Other short-to-medium-term goals included improvements to downtown parking, better street lighting and ditch drainage, the creation of sidewalks to promote walkability and the need for more commercial development.
"I wish we could have more businesses in here so we wouldn't have to go to Morehead City for everything," one community member said.
Another opportunity identified in the meeting was the public's desire for better communication about what is going on in the town.
Noted as a good example was the "Newport Voice," a free monthly publication that ran several years as a labor of love by local resident and Editor Josie Mullins.

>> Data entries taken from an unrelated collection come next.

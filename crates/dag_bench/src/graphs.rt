ghost use Rattle.std.specs.Prelude.{IfOk};
ghost use Rattle.axe_io.specs.Inputs.{IsInput};
ghost use Rattle.dag.specs.Graph.{leaves_of};

use axe_io::{Input, Kind, OutPlace, Param, Shape};
use dag::{Dag, DagError, Node, NodeId};
use std::alloc::{AllocError, Global};

/// How many nodes a graph may hold.
const LIMIT: u32 = 1 << 31;

/// A graph over one long.
fn begin(alloc: Global) -> Result<Dag, AllocError> {
    let param = Param {
        kind: Kind::Long,
        len: None,
    };
    let params = Vec::from_slice(alloc, &[param])?;
    let shape = Shape::of(params, OutPlace::Returned, Kind::Long, false);
    Dag::begin(alloc, LIMIT, &shape).map_err(out_of_memory)
}

fn out_of_memory(_error: DagError) -> AllocError {
    AllocError
}

/// The constant with a number, spread over 64 bits.
fn constant(number: u32) -> Node {
    Node::Const {
        width: 64,
        value: u64::from(number).wrapping_mul(0x9e37_79b9_7f4a_7c15),
    }
}

/// Adds a node where it fits; the answer is its place.
fn put(dag: &mut Dag, node: Node) -> Result<u32, AllocError> {
    if dag.fits(node) {
        let id = dag.add(node).map_err(out_of_memory)?;
        Ok(id.0)
    } else {
        Ok(0)
    }
}

/// Makes so many `add` calls: each even one for a new node, each odd one for a node that is there. The answer is the
/// sum of the places, modulo 2^32.
pub fn added(alloc: Global, count: u32) -> Result<u32, AllocError> {
    let mut dag = begin(alloc)?;
    let mut sum = 0u32;
    for i in 0..count {
        let number = if i % 2 == 0 { i / 2 } else { i / 4 };
        sum = sum.wrapping_add(put(&mut dag, constant(number))?);
    }
    Ok(sum)
}

/// The node with a number over the nodes before it.
fn operation(number: u32, last: NodeId) -> Node {
    let before = NodeId(last.0 / 2 + 1);
    match number % 4 {
        0 => Node::Plus(last, before),
        1 => Node::Xor(last, before),
        2 => Node::And(last, before),
        _ => Node::Not(last),
    }
}

/// A graph of so many operations on words of 64 bits over one leaf.
pub fn values_graph(alloc: Global, nodes: u32) -> Result<Dag, AllocError> {
    let mut dag = begin(alloc)?;
    let leaf = Node::Leaf {
        width: 64,
        index: 0,
    };
    let mut last = NodeId(put(&mut dag, leaf)?);
    for number in 0..nodes {
        last = NodeId(put(&mut dag, operation(number, last))?);
    }
    Ok(dag)
}

/// Finds the values on so many inputs; the answer is the sum of the last nodes' values, modulo 2^64.
pub fn summed(alloc: Global, dag: &Dag, inputs: u32) -> Result<u64, AllocError> {
    let mut input = first(alloc, dag)?;
    let mut values = vec![in alloc; 0; dag.len() as usize]?;
    let mut sum = 0u64;
    for _ in 0..inputs {
        dag.value_at(&input, &mut values);
        sum = sum.wrapping_add(values.last().copied().unwrap_or(0));
        input.next(dag.shape());
    }
    Ok(sum)
}

/// The input whose leaf is 0.
fn first(alloc: Global, dag: &Dag) -> Result<Input, AllocError>
    ensures { IfOk result (λ input. IsInput (leaves_of dag.now) input) }
{
    match Input::first(alloc, dag.shape()) {
        Ok(input) => Ok(input),
        Err(_) => Err(AllocError),
    }
}
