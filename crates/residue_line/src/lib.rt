// A line of a residue check sample: 24 digits read to a record of the compound given, and a record of
// it written back as a line. Document 02, request One.

#![tactic(auto)]

mod fields;
pub mod record;
pub mod residue;

ghost use Rattle.std.specs.Prelude.{◌≡◌};
ghost use Rattle.rows.specs.Rows.{Answers};
ghost use Rattle.format.specs.Write.{BufferKept};
ghost use Rattle.residue_line.specs.Inverse.{WritesBack, ReadsBack};
ghost use Rattle.residue_line.specs.Read.{read_of, line_rows};
ghost use Rattle.residue_line.specs.Write.{written_of, buffer_after, write_rows};

use fields::BYTES;
use record::Record;
use residue::ResidueLine;
use rows::refusal::Refusal;

// How many digits a line has.
pub const DIGITS: usize = 2 * BYTES;

// The record that a line holds, or the first row that refuses it.
// `whole`: the answer is the definition's. `back`: writing the record returns the line.
// `first`: a line is refused exactly where a row fits, by the first that does.
#[tactic(auto, unfolding(crate::specs::Read::read_of))]
pub fn read(compound: u8, line: &[u8]) -> Result<Record, Refusal>
    ensures whole { result ≡ read_of compound line.now }
    ensures back { WritesBack compound line.now result }
    ensures first { Answers (line_rows compound line.now) result }
{
    format::read(ResidueLine { compound }, line)
}

// Puts the line of a record at the start of a buffer, or leaves the buffer alone and gives the
// first row that refuses.
// `answer` and `bytes`: the answer and every byte of the buffer are the definitions'. `back`: reading
// what was written returns the record. `kept`: a refusal changes no byte. `first`: as for `read`.
#[tactic(auto, unfolding(crate::specs::Write::written_of, crate::specs::Write::buffer_after))]
pub fn write(compound: u8, record: Record, buffer: &mut [u8]) -> Result<(), Refusal>
    ensures answer { result ≡ written_of compound «record» buffer.old }
    ensures bytes { buffer.new ≡ buffer_after compound «record» buffer.old }
    ensures back { ReadsBack compound «record» buffer.new result }
    ensures kept { BufferKept buffer.old buffer.new result }
    ensures first { Answers (write_rows compound «record» buffer.old) result }
{
    format::write(ResidueLine { compound }, record, buffer)
}
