// The format of a residue line: 12 bytes, their fields, rows 3, 4, 14, 15 and 7 and the record, both ways.

ghost use Rattle.std.specs.Prelude.{◌≡◌};
ghost use Rattle.std.proofs.Common.{lit<};
ghost use Rattle.residue_line.specs.Residue.{residue};
ghost use Rattle.residue_line.specs.bounds.Tables.{are_tables};

use crate::fields::{BYTES, Fields, result_of, tagged_of};
use crate::record::Record;
use digits::Number;
use field::date_row;
use field::residue::{compound_row, log_row, residue_kind_row, result_row};
use format::{Format, tagged_at};
use rows::refusal::Refusal;
use rows::{Row, first_of_by};

// The format of a residue line of a compound.
#[derive(Clone, Copy)]
pub struct ResidueLine {
    pub compound: u8,
}

impl Format<BYTES> for ResidueLine {
    type Fields = Fields;

    type Record = Record;

    ghost layout = { λ format. residue format.compound };

    ghost small = { lit< tt };

    ghost tables = { λ format fields. are_tables format.compound fields };

    fn fields_in(self, b: &[u8]) -> Fields {
        Fields {
            kind: u8::at(b, 0),
            year: u16::at(b, 1),
            month: u8::at(b, 3),
            days: u8::at(b, 4),
            compound: u8::at(b, 5),
            comparison: i16::at(b, 6),
            result: tagged_at(b, 8),
            count: u8::at(b, 11),
        }
    }

    fn bytes_in(self, f: Fields) -> [u8; BYTES] {
        let year = f.year.to_be_bytes();
        let comparison = f.comparison.to_be_bytes();
        let result = f.result.number.to_be_bytes();
        [
            f.kind,
            year[0],
            year[1],
            f.month,
            f.days,
            f.compound,
            comparison[0],
            comparison[1],
            f.result.tag,
            result[0],
            result[1],
            f.count,
        ]
    }

    // The first of these rows that fits, in request One's order.
    #[tactic(auto, unfolding(rows::specs::Rows::first_row))]
    fn first_row(self, f: Fields) -> Result<(), Refusal> {
        first_of_by(&[
            Row::new(Refusal::Kind, residue_kind_row(f.kind)),
            Row::new(Refusal::Date, date_row(f.year, f.month)),
            Row::new(Refusal::Compound, compound_row(self.compound, f.compound)),
            Row::new(Refusal::Log, log_row(f.comparison, f.result)),
            Row::new(Refusal::Reading, result_row(f.result, f.count)),
        ])
    }

    fn record_of(self, f: Fields) -> Result<Record, Refusal> {
        self.first_row(f)?;
        Ok(Record {
            kind: f.kind,
            year: f.year,
            month: f.month,
            days: f.days,
            compound: f.compound,
            comparison: f.comparison,
            result: result_of(f.result),
            count: f.count,
        })
    }

    fn fields_of(self, r: Record) -> Fields {
        Fields {
            kind: r.kind,
            year: r.year,
            month: r.month,
            days: r.days,
            compound: r.compound,
            comparison: r.comparison,
            result: tagged_of(r.result),
            count: r.count,
        }
    }
}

"We will be doing these meetings every three months and will take one or two projects that are interesting, and we will have all the content there," said Shanahan. "When looking at newsletters and stuff down the road, I think public information is very important. It's too easy for things that happen to slip through the cracks."
An additional weakness brought up during the meeting was the need to fill important vacant staff positions, such as planning director, as well as keep town employees motivated who are passionate about their jobs.
"I know we've had a study that addresses pay scales to get it more in line with the duties and salaries, but if we don't retain our employees, then we're never going to move forward," said Shanahan. "We seem to be in this cyclical state of constantly rehiring, and it's hard to get anything accomplished that way."
At the end of the meeting, Shanahan explained he hopes to hold similar discussions once every three months to keep citizens directly engaged in the town's development.
Within 45 days of this first forum, he hopes to present the information gathered into a report that will be presented before town council and made available to town residents.
"Can we have everything we want over the next few years?" asked Shanahan. "Of course not, but we can get things going in the right direction. We want to get a plan created, and then we want to get something done. We're hearing your voice."